-------- RECORDS PROVIDED

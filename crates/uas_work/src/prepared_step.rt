//! A step with what its log is to keep of it, made before the step is booked.
ghost use Rattle.std.specs.Prelude.{◌≡◌, ◌<◌, ◌^◌};
ghost use Rattle.shared_machine.specs.declared.Step.TheVariants as step;

use bus_core::Step;
use scsi_cmd::Task;
use std::alloc::Global;
use std::marker::Model;
use tag_desk::Prepared;

/// A submission with a copy of it, and bytes for the copy of its reply. Contracts see the step.
#[derive(Debug, Drop)]
pub struct PreparedStep {
    step: Step,
    copy: Step,
    spare: Vec<u8>,
}

impl Model for PreparedStep {
    ghost use Rattle.std.specs.Prelude.{◌≡◌};
    ghost use Rattle.shared_machine.specs.declared.Step.{Step};

    ghost Value = { Step };

    ghost view = { λ prepared. prepared.step };

    ghost invariant = { λ prepared. prepared.copy ≡ prepared.step };
}

impl PreparedStep {
    /// The submission of a client's command; takes no memory.
    pub fn submit(client: usize, tag: u16, ticket: u64, command: Prepared) -> PreparedStep
        ensures { result ≡ step.Submit client tag ticket command }
    {
        let (command, copy, spare) = command.into_parts();
        PreparedStep {
            step: Step::Submit {
                client,
                tag,
                ticket,
                command,
            },
            copy: Step::Submit {
                client,
                tag,
                ticket,
                command: copy,
            },
            spare,
        }
    }

    /// The submission of a client's task management; takes no memory.
    pub fn task(alloc: Global, client: usize, ticket: u64, task: Task) -> PreparedStep
        ensures { result ≡ step.Task client ticket task }
    {
        PreparedStep {
            step: Step::Task {
                client,
                ticket,
                task,
            },
            copy: Step::Task {
                client,
                ticket,
                task,
            },
            spare: Vec::new(alloc),
        }
    }

    /// The step, its copy, and the bytes for its reply; takes no memory.
    pub(crate) fn into_parts(self) -> (Step, Step, Vec<u8>)
        ensures step { result.0 ≡ self }
        ensures copy { result.1 ≡ self }
    {
        let PreparedStep { step, copy, spare } = self;
        (step, copy, spare)
    }
}
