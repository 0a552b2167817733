//! What the workers share: the bus under its lock, and why they end.
ghost use Rattle.std.specs.Prelude.{◌≡◌};
ghost use Rattle.uas_work.specs.Booked.{IsBooked, IsLater};

use crate::handed::{Handed, Origin};
use crate::parking::{Parkers, Worker};
use crate::{Booked, Booking, Ended, Gate};
use std::alloc::Global;
use std::sync::atomic::AtomicU64;
use std::sync::atomic::Ordering::SeqCst;
use std::sync::{Mutex, MutexGuard, Wait};
use std::thread;

/// The most steps that a controller or the dispatcher takes in one hold of the lock.
const MOST_HELD: u32 = 64;

/// What the workers share.
#[derive(Drop)]
pub(crate) struct LockedBus<J: Origin> {
    pub(crate) alloc: Global,
    booked: Mutex<Handed<J>>,
    /// Why they ended, as a number; 0 while they work.
    ended: AtomicU64,
    /// The clients that have rounds left.
    clients_left: AtomicU64,
    /// The pumps that may still finish a claim.
    pumps_left: AtomicU64,
    parkers: Parkers,
}

impl<J: Origin> LockedBus<J> {
    pub(crate) fn new(alloc: Global, booked: Booked, clients: usize, pumps: usize) -> LockedBus<J>
        requires { booked ≡ J.first }
    {
        LockedBus {
            alloc,
            booked: Mutex::new(Handed::new(booked)),
            ended: AtomicU64::new(Ended::Done.code()),
            clients_left: AtomicU64::new(clients as u64),
            pumps_left: AtomicU64::new(pumps as u64),
            parkers: Parkers::new(clients),
        }
    }

    /// The bus with its log and why the workers ended, once all are joined.
    pub(crate) fn into_parts(self) -> (Booked, Ended)
        ensures later { IsLater J.first result.0 }
        ensures booked { IsBooked result.0 }
    {
        let LockedBus { booked, ended, .. } = self;
        (
            booked.into_inner().into_booked(),
            Ended::from_code(ended.load(SeqCst)),
        )
    }

    /// The workers are to end. The first that says so gives the reason.
    pub(crate) fn end(&self, why: Ended) {
        let _ = self
            .ended
            .compare_exchange(Ended::Done.code(), why.code(), SeqCst, SeqCst);
        self.parkers.unpark_all();
    }

    /// A client took all its rounds.
    pub(crate) fn client_done(&self) {
        if self.clients_left.fetch_sub(1, SeqCst) == 1 {
            self.parkers.unpark_all();
        }
    }

    /// A pump finishes no claim any more.
    pub(crate) fn pump_done(&self) {
        self.pumps_left.fetch_sub(1, SeqCst);
        self.parkers.unpark_clients();
    }

    /// Whether no pump finishes a claim any more.
    pub(crate) fn are_pumps_done(&self) -> bool {
        self.pumps_left.load(SeqCst) == 0
    }

    /// Whether the workers were told to end.
    pub(crate) fn is_ended(&self) -> bool {
        self.ended.load(SeqCst) != Ended::Done.code()
    }

    /// Whether a worker has nothing more to do: it is told so, or the gate gives it no turn, which ends the others too.
    pub(crate) fn is_over<G: Gate>(&self, gate: &G, worker: u32) -> bool {
        if self.is_ended() || self.clients_left.load(SeqCst) == 0 {
            return true;
        }
        if gate.turn(worker) {
            return false;
        }
        self.end(Ended::Stopped);
        true
    }

    /// The bus, locked.
    pub(crate) fn lock<R: Wait>(&self, rt: &R) -> MutexGuard<'_, Handed<J>> {
        self.booked.lock(rt)
    }

    /// The part of a controller, of its number among these.
    pub(crate) fn control<R: Wait, G: Gate>(&self, rt: &R, gate: &G, worker: u32, number: usize) {
        for _ in rt.forever() {
            if self.is_over(gate, worker) {
                return;
            }
            match self.controlled(rt, gate) {
                Ok(taken) => {
                    if taken > 0 {
                        self.parkers.unpark_dispatcher();
                    }
                    if taken < MOST_HELD {
                        self.park(rt, Worker::Controller(number));
                    }
                }
                Err(booking) => self.end(Ended::from_booking(booking)),
            }
        }
    }

    /// Takes a controller's steps in one hold of the lock: how many.
    fn controlled<R: Wait, G: Gate>(&self, rt: &R, gate: &G) -> Result<u32, Booking> {
        let mut handed = self.booked.lock(rt);
        for taken in 0..MOST_HELD {
            if !handed.control(self.alloc, gate)? {
                return Ok(taken);
            }
        }
        Ok(MOST_HELD)
    }

    /// The part of the dispatcher.
    pub(crate) fn dispatch<R: Wait, G: Gate>(&self, rt: &R, gate: &G, worker: u32) {
        for _ in rt.forever() {
            if self.is_over(gate, worker) {
                return;
            }
            match self.dispatched(rt, gate) {
                Ok(taken) => {
                    if taken > 0 {
                        self.parkers.unpark_pumps();
                        self.parkers.unpark_controllers();
                    }
                    if taken < MOST_HELD {
                        self.park(rt, Worker::Dispatcher);
                    }
                }
                Err(booking) => self.end(Ended::from_booking(booking)),
            }
        }
    }

    /// Takes the dispatcher's steps in one hold of the lock: how many.
    fn dispatched<R: Wait, G: Gate>(&self, rt: &R, gate: &G) -> Result<u32, Booking> {
        let mut handed = self.booked.lock(rt);
        for taken in 0..MOST_HELD {
            if !handed.dispatch(self.alloc, gate)? {
                return Ok(taken);
            }
        }
        Ok(MOST_HELD)
    }

    /// The part of the one who looks at the log: until the others end, and once more then.
    pub(crate) fn look<R: Wait, G: Gate>(&self, rt: &R, gate: &G) {
        for _ in rt.forever() {
            let is_last = self.is_ended() || self.clients_left.load(SeqCst) == 0;
            self.booked.lock(rt).look(self.alloc, gate);
            if !gate.settle() {
                self.end(Ended::Stopped);
                return;
            }
            self.parkers.unpark_clients();
            if is_last {
                return;
            }
            thread::yield_now();
        }
    }

    /// Waits until a client may have the reply that it found. False where the workers end before.
    pub(crate) fn may_tell<R: Wait, G: Gate>(&self, rt: &R, gate: &G, client: u8) -> bool {
        let look = gate.next_look();
        for _ in rt.forever() {
            if gate.may_tell(look) {
                return true;
            }
            if self.is_ended() {
                return false;
            }
            self.park(rt, Worker::Client(usize::from(client)));
        }
        false
    }

    /// Parks a worker until another has something for it, or for a moment.
    pub(crate) fn park<R: Wait>(&self, rt: &R, worker: Worker) {
        self.parkers.park(rt, worker);
    }

    pub(crate) fn parkers(&self) -> &Parkers {
        &self.parkers
    }
}
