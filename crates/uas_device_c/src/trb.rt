//! TRBs for C (xHCI 1.2, 6.4): a record in place of the enum, which is `c_common::trb`'s.
ghost use Rattle.std.specs.Prelude.{◌≡◌, ◌<◌, ◌==◌, IfSome, Some};
ghost use Rattle.xhci_trb.specs.Words.{words_in};
ghost use Rattle.xhci_trb.specs.Text.{HasText, text, fault_in};
ghost use Rattle.xhci_trb.specs.Reader.{trb_in, cycle_in};
ghost use Rattle.c_common.specs.trb.TrbRecord.{named_trb, read_fault, trb_record, write_fault};

use c_common::faults::{TRB_UNFIT, TRB_UNKNOWN_TYPE};
use c_common::trb::{UasTrb, fault_number, read_record, record_of};

/// Writes the 16 bytes of a TRB with its Cycle bit. `TRB_UNKNOWN_TYPE` another type, `TRB_UNFIT` a field that doesn't fit its bits:
/// then `bytes` are as they were.
#[unsafe(no_mangle)]
pub extern "C" fn uas_trb_encode(trb: &UasTrb, bytes: &mut [u8; 16]) -> u8
    ensures fault { result ≡ write_fault trb.now }
    ensures has_text { result ≡ 0 → IfSome (named_trb trb.now) HasText }
    ensures text { result ≡ 0 → IfSome (named_trb trb.now) (λ named. bytes.new ≡ text named (trb.now.cycle == 1)) }
    ensures refused { 0 < result → bytes.new ≡ bytes.old }
{
    match read_record(trb) {
        Ok((trb, cycle)) => {
            *bytes = xhci_trb::encode(&trb, cycle);
            0
        }
        Err(fault) => fault.number(TRB_UNKNOWN_TYPE, TRB_UNFIT),
    }
}

/// Reads 16 bytes. `TRB_UNKNOWN_TYPE` another type, `TRB_LENGTH_OVER` a Normal length above 65,536, `TRB_RESERVED_SET` a reserved bit that
/// is set, the first that holds: then `trb` is as it was.
#[unsafe(no_mangle)]
pub extern "C" fn uas_trb_decode(bytes: &[u8; 16], trb: &mut UasTrb) -> u8
    ensures fault { result ≡ read_fault (fault_in (words_in bytes.now)) }
    ensures record { result ≡ 0 → trb.new ≡ trb_record (trb_in (words_in bytes.now)) (cycle_in (words_in bytes.now)) }
    ensures has_text { result ≡ 0 → HasText (trb_in (words_in bytes.now)) }
    ensures text { result ≡ 0 → bytes.now ≡ text (trb_in (words_in bytes.now)) (cycle_in (words_in bytes.now)) }
    ensures refused { 0 < result → trb.new ≡ trb.old }
{
    match xhci_trb::decode(bytes) {
        Ok((read, cycle)) => {
            *trb = record_of(&read, cycle);
            0
        }
        Err(fault) => fault_number(&fault),
    }
}
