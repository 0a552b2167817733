//! Why workers ended, as a number that threads can share; and the number of pumps.
ghost use Rattle.std.specs.Prelude.{◌≡◌, ◌⊎◌, ◌<◌};

use crate::{Booking, Ended, PumpCount};

impl PumpCount {
    /// 1, 2 or 4.
    pub fn count(self) -> usize
        ensures some { (result ≡ 1) ⊎ ((result ≡ 2) ⊎ (result ≡ 4)) }
        ensures one { self ≡ PumpCount.One → result ≡ 1 }
        ensures two { self ≡ PumpCount.Two → result ≡ 2 }
        ensures four { self ≡ PumpCount.Four → result ≡ 4 }
    {
        match self {
            PumpCount::One => 1,
            PumpCount::Two => 2,
            PumpCount::Four => 4,
        }
    }
}

impl Ended {
    pub(crate) fn code(self) -> u64 {
        match self {
            Ended::Done => 0,
            Ended::LogFull => 1,
            Ended::NoMemory => 2,
            Ended::Stopped => 3,
            Ended::NoThread => 4,
        }
    }

    pub(crate) fn from_code(code: u64) -> Ended {
        match code {
            1 => Ended::LogFull,
            2 => Ended::NoMemory,
            3 => Ended::Stopped,
            4 => Ended::NoThread,
            _ => Ended::Done,
        }
    }

    pub(crate) fn from_booking(booking: Booking) -> Ended {
        match booking {
            Booking::LogFull => Ended::LogFull,
            Booking::NoMemory => Ended::NoMemory,
        }
    }
}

----------------

### WHAT YOU SHOULD DO
Only lines holding the word "finishes" belong in the answer; copy all of them from the records.

### COMPLETED EXERCISE
    /// A pump finishes no claim any more.
    /// Whether no pump finishes a claim any more.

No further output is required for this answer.